И уж если продолжать бесстыдно копаться в семейных тайнах, то почему бы господину Моше не предположить, что юная дева, пылко влюбленная, чтоб окончательно победить сопротивление знатной родни, отдала своему избраннику до венчания не только сердце? Почему здесь должен быть кто-то третий?
К. Шугаев пишет, что «Юрий Петрович охладел к жене по той же причине, что и его тесть к теще; вследствие этого Юрий Петрович завел интимные отношения с бонной своего сына, молоденькой немкой, Сесильей Федоровной, и, кроме того, с дворовыми.»

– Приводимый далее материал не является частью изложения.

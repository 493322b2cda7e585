//! A server, as the laws of safety see it.

use crate::message::Content;
use crate::record::Entry;
use crate::server::{Role, Server};
use crate::trace::{Said, Trace, View};
use crate::types::{Members, Payload, end};
use std::alloc::{AllocError, Global};
use steps_handlers::Outcome;
use trace_checker::checker::Violation;

/// The number of the first membership: no command has a number that is as great.
const FIRST_MEMBERSHIP: u64 = 1_000_000_000_000;

impl Server {
    /// Records what the server has said and done.
    pub fn record(&self, said: Said, trace: &mut Trace) -> Result<(), Violation> {
        for entry in &self.disk {
            if let Payload::Membership(members) = &entry.payload {
                name_members(members, *self.disk.allocator(), trace)?;
            }
        }
        trace.record(&self.view()?, said)
    }

    /// Returns what the laws see of the server.
    fn view(&self) -> Result<View, AllocError> {
        let mut entries = Vec::new(*self.disk.allocator());
        for entry in &self.disk {
            if entry.log_id.index > 0 {
                entries.push(Entry {
                    term: entry.log_id.leader_id,
                    content: number_of(&entry.payload),
                })?;
            }
        }
        let vote = self.vote();
        Ok(View {
            server: self.id,
            term: vote.leader_id.to_committed(),
            leader: vote.leader_id.voted_for().unwrap_or(0),
            campaigns: !matches!(self.role, Role::Follower),
            leads: matches!(self.role, Role::Leader(_)),
            purged: self.state.purged_next.saturating_sub(1) as usize,
            entries,
            committed: end(self.state.committed).saturating_sub(1) as usize,
        })
    }
}

/// Records the number of a membership, with the voters of each config, unless it is known.
fn name_members(members: &Members, alloc: Global, trace: &mut Trace) -> Result<(), AllocError> {
    let number = number_of_members(members);
    if trace.is_named(number) {
        return Ok(());
    }
    let mut configs = Vec::new(alloc);
    for config in members.get_joint_config() {
        let voters: Vec<u64> = config.iter().copied().collect(alloc)?;
        configs.push(voters)?;
    }
    trace.name(number, configs)
}

/// Returns what an answer says that the state of the server does not show.
pub fn said_by(answer: &Option<Content>) -> Said {
    match answer {
        Some(Content::Vote(response)) if response.granted => {
            let leader_id = response.vote.leader_id;
            let candidate = leader_id.voted_for().unwrap_or(0);
            Said::Voted(leader_id.to_committed(), candidate)
        }
        Some(Content::Respond(response)) => match response.outcome {
            Outcome::Matches(Some(upto)) => Said::Matches(upto.index as usize),
            _ => Said::Nothing,
        },
        _ => Said::Nothing,
    }
}

/// Returns a number for what an entry holds.
fn number_of(payload: &Payload) -> u64 {
    match payload {
        Payload::Blank => 0,
        Payload::Normal(command) => *command,
        Payload::Membership(members) => number_of_members(members),
    }
}

/// Returns a number for the voters of a membership: their digits, with a 0 before each config.
fn number_of_members(members: &Members) -> u64 {
    let mut digits = 0u64;
    for config in members.get_joint_config() {
        digits = digits.saturating_mul(10);
        for id in config {
            digits = digits.saturating_mul(10).saturating_add(*id);
        }
    }
    FIRST_MEMBERSHIP.saturating_add(digits)
}
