//! What can happen in a cluster, and how often it does.

use rand::RngExt;
use rand_pcg::Pcg32;

/// Something that happens to the network or to one server.
#[derive(Clone, Copy, PartialEq, Eq)]
pub enum Event {
    /// A message arrives.
    Deliver,
    /// A message arrives, and will arrive again.
    Duplicate,
    /// A message is lost.
    Lose,
    /// The network is partitioned, or whole again.
    Partition,
    /// Time passes at a server.
    Tick,
    /// A client asks a server to append an entry.
    Propose,
    /// An operator asks a server for a membership change.
    Change,
    /// A server takes a snapshot, and purges all but the last entries in it.
    Compact,
    /// A server crashes and restarts.
    Restart,
}

/// How many of a hundred events are of each kind, while a cluster is put to the test.
pub const TROUBLE: [(Event, u64); 9] = [
    (Event::Deliver, 52),
    (Event::Duplicate, 3),
    (Event::Lose, 6),
    (Event::Partition, 1),
    (Event::Tick, 25),
    (Event::Propose, 5),
    (Event::Change, 5),
    (Event::Compact, 2),
    (Event::Restart, 1),
];

/// How many of a hundred events are of each kind, once the cluster is left alone.
pub const CALM: [(Event, u64); 2] = [(Event::Deliver, 75), (Event::Tick, 25)];

/// Returns a random event, as often as a table of a hundred events has it.
pub fn draw(table: &[(Event, u64)], random: &mut Pcg32) -> Event {
    let mut number = random.random_range(0..100u64);
    for (event, count) in table {
        if number < *count {
            return *event;
        }
        number -= *count;
    }
    Event::Tick
}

Естественно, об измене мужа Мария Михайловна догадывалась, поскольку он и не очень скрывался, а однажды застала мужа в объятиях Сесильи, что возбудило в ней страшную, но скрытую ревность, а тещу привело в негодование. Возвращаясь из гостей из села Кошкарево, в пяти верстах от Тархан, Мария Михайловна стала упрекать мужа в измене, выведенный из себя этими упреками, пылкий и раздражительный Юрий Петрович весьма сильно ударил кулаком по лицу жену. Понятно, что прежних отношений в семье быть не могло. С этого времени с невероятной быстротой развивалась болезнь Марьи Михайловны, перешедшая в злую чахотку. Вот почему мать Лермонтова угасала в слезах – потому что пылко любя мужа, испытывала муки ревности и терпела оскорбления. А не потому, как утверждает Надир Моше, «… презираемая мужем, третируемая многочисленной родней, знакомыми, возможно, и родною матерью – женщиной сурового нрава, она проводила все дни в слезах»… и «она втайне искала своей смерти».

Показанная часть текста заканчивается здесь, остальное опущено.